Thank you! All your posts have been helpful.

So I was looking into potential business expense deductions and being a resident, I take hospital call and home call. When I take home call I put a lot of orders through my computer instead of going in. So does my home office space qualify not just as work space but a location where I am doing direct hospital related work?
If so I was looking at work travel miles I could deduct. Can I deduct travel from my home office space to another hospital as travel from one location of work to another location of work?

I understand I can also deduct any car expenses such as maintenance from my taxes.

TexasPhysician, the web link was very helpful.
Thanks again!

Yes, but you would need to establish a home office including the deduction.

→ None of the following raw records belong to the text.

//! One circuit at a relay (tor-spec, "Relay cells", "Opening streams and transferring data", "EXTEND and
//! EXTENDED cells", "Flow control"): what it does with each relay cell, and with what its edge
//! connections and its next hop report.
//!
//! Contracts speak of the circuit's whole history, as the crate circuit_model has it. The functions of
//! the public modules have no code: their contracts are laws, by which the counts that a circuit keeps
//! are those of its history.
#![tactic(auto)]

mod allowed_names;
mod begin;
mod circuit;
mod edge;
mod effects;
pub mod effects_by_places;
mod extend;
mod extending;
mod for_this_relay;
mod forward;
pub mod going_on;
mod message;
mod packager;
pub mod places_of_a_log;
pub mod reads;
mod resolve;
mod rules;
mod streams;
#[cfg(test)]
mod tests;
pub mod window_after_events;
pub mod windows_of_a_log;

pub use circuit::Circuit;
pub use circuit_model::NextHop;
pub use effects::Effects;
pub use rules::{Allow, Rules};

Otherwise mileage commuting is not deductible unless from one job to another.
 
you can make an extra 50k moonlighting? holy crap, thats awesome. For some reason I always thought of moonlighting as chunk change .
 
White Coat Investor - first, love your blog and frequent it often. I have a similar question related to moonlighting - I am similar to the OP in the sense that I moonlight a lot and am currently on track to double my salary to the high 90s/low 100s. I will not likely moonlight this much during my fellowship. Repaying my [below average] debt burden [low 100s] via IBR with plan to enter the PFSL after 120 payments. I currently have maxed out my Roth IRA for this year.

My question is: my hospital offers a 403b, no matching. Would it be smarter to utilize this first, or should I open a Roth Solo 401K through Vanguard? Unlikely to use the max 17,500 contribution this year, although that is a possibility next year. I am inclined to keep maxing the Roth IRA, then use the 403b but wanted to run it by someone more knowledgeable than myself.

If you are paid with a W2, you can not open a Solo 401k. If you are paid with a 1099, a Roth Solo 401k at Vanguard might be a great idea. It is impossible to say whether you need to contribute to a 403b that doesn't have a match without knowing what types of investments are available there. If the cost is high, then I'd say forget it, and invest in a Roth and after-tax (I like individual municipal bonds). If the cost is low and good investment choices are available, you might want to see if there are enough funds to make a diversified/balanced portfolio.
 
The 403(b) has all Vanguard funds, including VTSMX which I am a big fan of. I think I'll go ahead and open it up and continue to max out the Roth.
 
The 403(b) has all Vanguard funds, including VTSMX which I am a big fan of. I think I'll go ahead and open it up and continue to max out the Roth.

If you have a spouse, you can also contribute to their Roth IRA. Does your 403(b) have a Roth option? Some do, but you might want to read the plan documents just in case.

They only have investor shares? I work with corporate retirement plans (improving low quality plans is part of what we do), and this tells me only one thing: whoever selected investments for your plan has no idea what they are doing. In a company plan they should have Signal/Admiral shares! You might want to talk to your plan administrator. This is an extra 0.12% in fees, and it does accumulate over time. No reason that a company plan should have investor shares, since Signal shares are ALWAYS available inside retirement plans on any platform.